After analyzing the incentive policies and despite all the economic and financial difficulties experienced in Portugal, the numbers show that Electric Mobility has obtained an interesting adhesion in recent years, even compared to other European countries. Despite the differences between realities, it is essential to look and learn on what we consider the “good practices” applied in other technologically more developed countries. The results obtained in Portugal still have a small growth curve because there are still some constraints on access to the public charging network as well as few incentives at the local level. Given the high costs of charging stations acquisition and installation, there is a general feeling that are a lacking incentive in this area of the ecosystem. It would be important for companies to require even more support, as they are extremely importance in the proliferation of Electric Mobility and because they cannot depend on the MOBI.E public network. The only way to ensure that an EV can be a logistically functional working tool is to give more stability at the companies.

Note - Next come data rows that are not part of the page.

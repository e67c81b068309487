//! Lists of events, as the command line writes them.
ghost use Rattle.std.specs.Prelude.{◌≡◌, None, Some, IfOk, if◌then◌else◌};
ghost use Rattle.std.specs.Option.{option_map};
ghost use Rattle.edge_case.specs.Order.{place_of, event_of, events_of, after_item};

use crate::line::COMMA;
use edge_types::{NoMemory, around, decimal_of};
use plan_runner::Event;
use std::alloc::Global;

// The most digits of a place.
const PLACE_DIGITS: usize = 4;

// The largest number with this many digits.
const MAX_PLACE: u64 = 9_999;

// The place that the digits write.
#[tactic(auto, unfolding(crate::specs::Order::place_of))]
fn place_of(digits: &[u8]) -> Option<usize>
    ensures { result ≡ place_of digits.now }
{
    if digits.len() > PLACE_DIGITS {
        return None;
    }
    let place = decimal_of(digits, MAX_PLACE)?;
    Some(place as usize)
}

// The event that an item denotes.
#[tactic(auto, unfolding(crate::specs::Order::event_of))]
fn event_of(item: &[u8]) -> Option<Event>
    ensures { result ≡ event_of item.now }
{
    match item {
        b"c" => Some(Event::Claim),
        b"a" => Some(Event::Advance),
        [b'p', digits @ ..] => Some(Event::Post(place_of(digits)?)),
        _ => None,
    }
}

// Adds the event that an item denotes. False if it denotes none.
fn add_item(events: &mut Vec<Event>, item: &[u8]) -> Result<bool, NoMemory>
    ensures { IfOk result (λ added. after_item events.old.items (event_of item.now) ≡ (if added then Some events.new.items else None)) }
{
    let Some(event) = event_of(item) else {
        return Ok(false);
    };
    events.push(event)?;
    Ok(true)
}

/// The events that a text lists: items with commas between them, `c` for a claim, `a` for an
/// advance, and `p` with one to four digits for a post of the ticket at this place. `None` if the
/// text isn't such a list; the empty text isn't one.
///
/// Our profile.
pub fn read_events(alloc: Global, text: &[u8]) -> Result<Option<Vec<Event>>, NoMemory>
    ensures { IfOk result (λ found. option_map (λ events. events.items) found ≡ events_of text.now) }
{
    let mut events = Vec::new(alloc);
    let mut rest = text;
    while let Some((item, after)) = around(COMMA, rest) {
        if !add_item(&mut events, item)? {
            return Ok(None);
        }
        rest = after;
    }
    if add_item(&mut events, rest)? {
        Ok(Some(events))
    } else {
        Ok(None)
    }
}
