//! Byte strings that may be absent.
ghost use Rattle.std.specs.Prelude.{◌≡◌};
ghost use Rattle.std.specs.Option.{option_copied};
ghost use Rattle.edge_case.specs.Case.{value_or_empty};

/// The line's text; an absent line is empty.
pub(crate) fn lent_or_empty(value: Option<&[u8]>) -> &[u8]
    ensures { result.now ≡ value_or_empty (option_copied value.entry) }
{
    match value {
        Some(value) => value,
        None => &[],
    }
}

As presented in Section 2.7, the EV charging implementation requires an initial financial effort that must be made by the companies, although the results showed that annual savings resulting from the EV usage can recover the investment in 2 or 3 years. As the results showed, it is important for companies to realize how flexible they can be in the charging schedules, using off-peak hours, resulting in cheaper electricity prices, vital for achieving a quick financial return. The replacement of the entire fleet of light commercial by EV contributes for an estimated annual emission savings in the order of 1685 tCO₂, or in other words, 4213 kgCO₂ per vehicle with cost savings of almost 690,000 € annually. Through the presented results, several scenarios can be easily developed, with more or less charging posts or EVs. Another important term to have in consideration is the cost by kilometer showed in Table 7, with this value companies can estimate costs regarding their traditional routes.

The importance of the close relationship between Electric Mobility and renewable energies is emphasized, reinforcing that an electrical system with a low CO₂ production mix will lead to a faster reaching of the expected “clean” alternative and make a decisive contribution for the idea of “zero emissions” goes out of the figurative sense and becomes increasingly real.